While assessment can be performed along reporting relationships (usually top-down), net assessment can include peer and self-assessment.  Peer assessment is when assessment is performed by colleagues along both horizontal (similar function) and vertical (different function) relationship.  Self-assessments are when individuals evaluate themselves. There are three common methods of peer assessments.  Peer nomination involves each group member nominating who he/she believes to be the "best" on a certain dimension of performance.  Peer ratings has each group member rate each other on a set of performance dimensions.  Peer ranking requires each group member rank all fellow members from "best" to "worst" on one or more dimensions of performance.

Self-assessments: for self-assessments, individuals assess and evaluate their own behavior and job performance.
Peer assessments: members of a group evaluate and appraise the performance of their fellow group members.  There it is common for a graphic rating scale to be used for self-assessments.  Positive leniency tends to be a problem with self-assessments. Peer assessments from multiple members of a group are often called crowd-based performance reviews, and solve many problems with peer assessments from only one member.
360-degree feedback: 360-degree feedback is multiple evaluations of employees which often include assessments from superior(s), peers, and one's self.
Negotiated performance appraisal: The negotiated performance appraisal (NPA) is an emerging approach for improving communication between supervisors and subordinates and for increasing employee productivity, and may also be adapted to an alternate mediation model for supervisor-subordinate conflicts. A facilitator meets separately with the supervisor and with the subordinate to prepare three lists. What employees do well, where the employee has improved in recently, and areas where the employee still needs to improve. Because the subordinate will present his or her lists first during the joint session, this reduces defensive behaviors. Furthermore, the subordinate comes to the joint session not only prepared to share areas of needed improvement, but also brings concrete ideas as to how these improvements can be made. The NPA also focuses very strongly on what employees are doing well, and involves a minimum of twenty minutes of praise when discussing what the employee does well. The role of the facilitator is that of a coach in the pre-caucuses, and in the joint sessions the supervisor and subordinate mostly speak to each other with little facilitator interference.
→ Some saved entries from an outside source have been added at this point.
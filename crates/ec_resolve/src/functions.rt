//! Functions (ISO/IEC 9899:1999, 6.9.1).
#![tactic(auto, unfolding(ec_resolving_defs::specs::Storage::chain, ec_resolving_defs::specs::Storage::pure, ec_resolving_defs::specs::Storage::checks, ec_resolving_defs::specs::Storage::ask, ec_resolving_defs::specs::Storage::stored, ec_resolving_defs::specs::Storage::arrange))]

ghost use Rattle.std.specs.Prelude.{◌≡◌, [], length, map, option_map, IfOk, List, Option};
ghost use Rattle.ec_ctypes.specs.trees.Types.{TyData};
ghost use Rattle.ec_ctypes.specs.views.Stmts.{stmts_view};
ghost use Rattle.ec_ctypes.specs.views.Units.{func_view};
ghost use Rattle.ec_resolve_forms.specs.Seen.{from, Reaches};
ghost use Rattle.ec_memory_defs.specs.Kinds.{kind_type};
ghost use Rattle.ec_resolving_defs.specs.Programs as rule;
ghost use Rattle.ec_resolving_defs.specs.Storage.{in_block};
ghost use Rattle.ec_scopes.specs.Entries.{place_view, type_view};
ghost use Rattle.ec_values.specs.Words.{word_view};
ghost use Rattle.ec_resolve.specs.Functions.{body_option_view, function_begun, function_inside, function_of, function_parts, sizes_alone};

use crate::params::params;
use ec_base::{List, OutOfMemory};
use ec_code::{Function, ObjectSize};
use ec_ctypes::{Func, Stmt, Ty};
use ec_memory_defs::Kind;
use ec_resolve_expressions::base;
use ec_resolve_forms::Resolver;
use ec_resolve_parts::{
    begin_function, defines, is_done_with, know_function, parameter_kinds, result_rule,
};
use ec_resolve_statements::{Body, function_body};
use ec_resolve_values::storage::Site;
use ec_rules::declared_type;
use ec_scopes::Place;
use ec_values::Word;

/// What `main` gives where it ends without `return` (ISO/IEC 9899:1999, 5.1.2.2.3).
fn value_at_end(name: &[u8]) -> Option<Word>
    ensures { option_map word_view result ≡ rule.value_at_end name.now }
{
    if name == b"main".as_slice() {
        Some(Word::Signed(0))
    } else {
        None
    }
}

/// The body of a function, if it has one.
fn body_rule(
    resolver: &mut Resolver,
    r: &Option<Ty>,
    body: &Option<List<Stmt>>,
) -> Result<Option<Body>, OutOfMemory>
    ensures { Reaches body_option_view
        (from (rule.body_rule [] (type_view r.now) (option_map stmts_view body.now)) resolver.old)
        result resolver.new }
{
    match body {
        None => Ok(None),
        Some(ss) => {
            let made = function_body(resolver, r, ss.as_slice())?;
            Ok(Some(made))
        }
    }
}

/// One function more, if this defines one, whose parameters have types of these scalar types.
fn function_made(
    resolver: &mut Resolver,
    name: &[u8],
    parameters: List<Kind>,
    body: Option<Body>,
) -> Result<(), OutOfMemory>
    ensures { (types : List (Option TyData)) → map kind_type parameters
        ≡ map rule.parameter_kind types → Reaches (λ u. u)
        (from (rule.function_made name.now types (body_option_view body)) resolver.old)
        result resolver.new }
{
    match body {
        None => Ok(()),
        Some(body) => {
            let Body {
                objects,
                statements,
            } = body;
            resolver.storage.add_function(Function {
                parameters,
                objects,
                body: statements,
                otherwise: value_at_end(name),
            })?;
            Ok(())
        }
    }
}

/// The parameters and the body of a function.
fn in_function(
    resolver: &mut Resolver,
    f: &Func,
    at: Place,
    r: &Option<Ty>,
    number: u32,
    is_done: bool,
) -> Result<(), OutOfMemory>
    ensures { Reaches (λ u. u)
        (from (rule.in_function [] (place_view at) (func_view f.now) number is_done
        (type_view r.now)) resolver.old)
        result resolver.new }
{
    let name = f.name.as_slice();
    let types = params(resolver, at, defines(f), f.params.as_slice())?;
    let kinds = parameter_kinds(resolver.checker.alloc(), types.as_slice())?;
    know_function(&mut resolver.checker, name, r, number, is_done, types)?;
    let body = body_rule(resolver, r, &f.body)?;
    function_made(resolver, name, kinds, body)
}

/// How many parameters a function has.
fn count_of_params(f: &Func) -> Result<u32, OutOfMemory>
    ensures { IfOk result (λ n. n ≡ length (func_view f.now).params) }
{
    let count = f.params.as_slice().len();
    if count > u32::MAX as usize {
        // Out of reach, which isn't proved: a source has at most 2^22 tokens, so it has fewer parameters.
        return Err(OutOfMemory);
    }
    Ok(count as u32)
}

/// The same in a block of the parameters: the sizes of these.
fn function_block(
    resolver: &mut Resolver,
    f: &Func,
    at: Place,
    r: &Option<Ty>,
    number: u32,
    is_done: bool,
) -> Result<List<ObjectSize>, OutOfMemory>
    ensures { Reaches sizes_alone
        (from (in_block (length (func_view f.now).params)
        (rule.in_function [] (place_view at) (func_view f.now) number is_done
        (type_view r.now))) resolver.old)
        result resolver.new }
{
    let count = count_of_params(f)?;
    let outer = resolver.storage.enter_block(count)?;
    in_function(resolver, f, at, r, number, is_done)?;
    Ok(resolver.storage.leave_block(outer))
}

/// The name of a function stands for it before its parameters.
#[tactic(auto, unfolding(ec_resolving_defs::specs::Storage::chain, ec_resolving_defs::specs::Storage::checks, ec_resolving_defs::specs::Storage::arrange, ec_typing_defs::specs::Worlds::chain))]
fn function_begun(
    resolver: &mut Resolver,
    f: &Func,
    r: &Option<Ty>,
    number: u32,
    is_done: bool,
) -> Result<(), OutOfMemory>
    ensures { Reaches (λ u. u)
        (from (function_begun (func_view f.now).name (type_view r.now) number is_done)
        resolver.old)
        result resolver.new }
{
    begin_function(&mut resolver.checker, f.name.as_slice(), r, number, is_done)?;
    resolver.storage.add_site(Site::Nowhere)?;
    resolver.checker.enter()?;
    Ok(())
}

/// What the name of a function stands for, and its parameters and body in a scope of their own.
fn function_inside(
    resolver: &mut Resolver,
    f: &Func,
    at: Place,
    r: &Option<Ty>,
    number: u32,
    is_done: bool,
) -> Result<(), OutOfMemory>
    ensures { Reaches (λ u. u)
        (from (function_inside (func_view f.now) (place_view at) (type_view r.now) number is_done)
        resolver.old)
        result resolver.new }
{
    function_begun(resolver, f, r, number, is_done)?;
    let _sizes = function_block(resolver, f, at, r, number, is_done)?;
    resolver.checker.leave();
    Ok(())
}

/// A function with a result of this type, if it is known.
fn function_of(
    resolver: &mut Resolver,
    f: &Func,
    at: Place,
    r: &Option<Ty>,
) -> Result<(), OutOfMemory>
    ensures { Reaches (λ u. u)
        (from (function_of (func_view f.now) (place_view at) (type_view r.now)) resolver.old)
        result resolver.new }
{
    let number = resolver.checker.next_number()?;
    let is_done = is_done_with(&resolver.checker, f);
    function_inside(resolver, f, at, r, number, is_done)
}

/// A function, part by part.
fn function_parts(resolver: &mut Resolver, f: &Func) -> Result<(), OutOfMemory>
    ensures { Reaches (λ u. u) (from (function_parts (func_view f.now)) resolver.old)
        result resolver.new }
{
    let at = resolver.checker.place(f.line)?;
    let b = base(resolver, at, &f.base)?;
    let none: [Option<u64>; 0] = [];
    let whole = declared_type(resolver.checker.alloc(), b, f.stars, &none)?;
    let r = result_rule(&mut resolver.checker, at, whole);
    function_of(resolver, f, at, &r)
}

/// A function: what its name stands for, and its form, where this defines it.
pub(crate) fn function_rule(resolver: &mut Resolver, f: &Func) -> Result<(), OutOfMemory>
    ensures { Reaches (λ u. u) (from (rule.function_rule [] (func_view f.now)) resolver.old)
        result resolver.new }
{
    function_parts(resolver, f)
}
In general, optimal PA process involves a combination of multiple assessment modalities.  One common recommendation is that assessment flows from self-assessment, to peer-assessment, to management assessment - in that order.  Starting with self-assessment facilitates avoidance of conflict.  Peer feedback ensures peer accountability, which may yield better results than accountability to management.  Management assessment comes last for need of recognition by authority and avoidance of conflict in case of disagreements.  It is generally recommended that PA is done in shorter cycles to avoid high-stakes discussions, as is usually the case in long-cycle appraisals.

Research has shown that the source of the feedback (either manager or peer) does not matter in influencing employees' subsequent innovative or extra-role behaviors after the feedback is received. As long as the feedback is provided, the source does not matter.

Principal - Agent Framework
The Principal-agent framework is a model describing the relationship of information held between an employer and an employee. It is used to forecast responses from employees and strategies at finding resolutions against misaligned incentives that interfere with the goals of the employer. The model makes two assumptions: the principals wants agents to work for the principal's best interest, but agents possess different goals than the principals; and, the agents have more information than the principals resulting in the asymmetry of information between the two parties. This paradigm creates adverse selections and moral hazards for the hiring company in deciding how to effectively minimize the potential threat of shirking; disruption to daily operations; and loss in output margins due to actions of the employee.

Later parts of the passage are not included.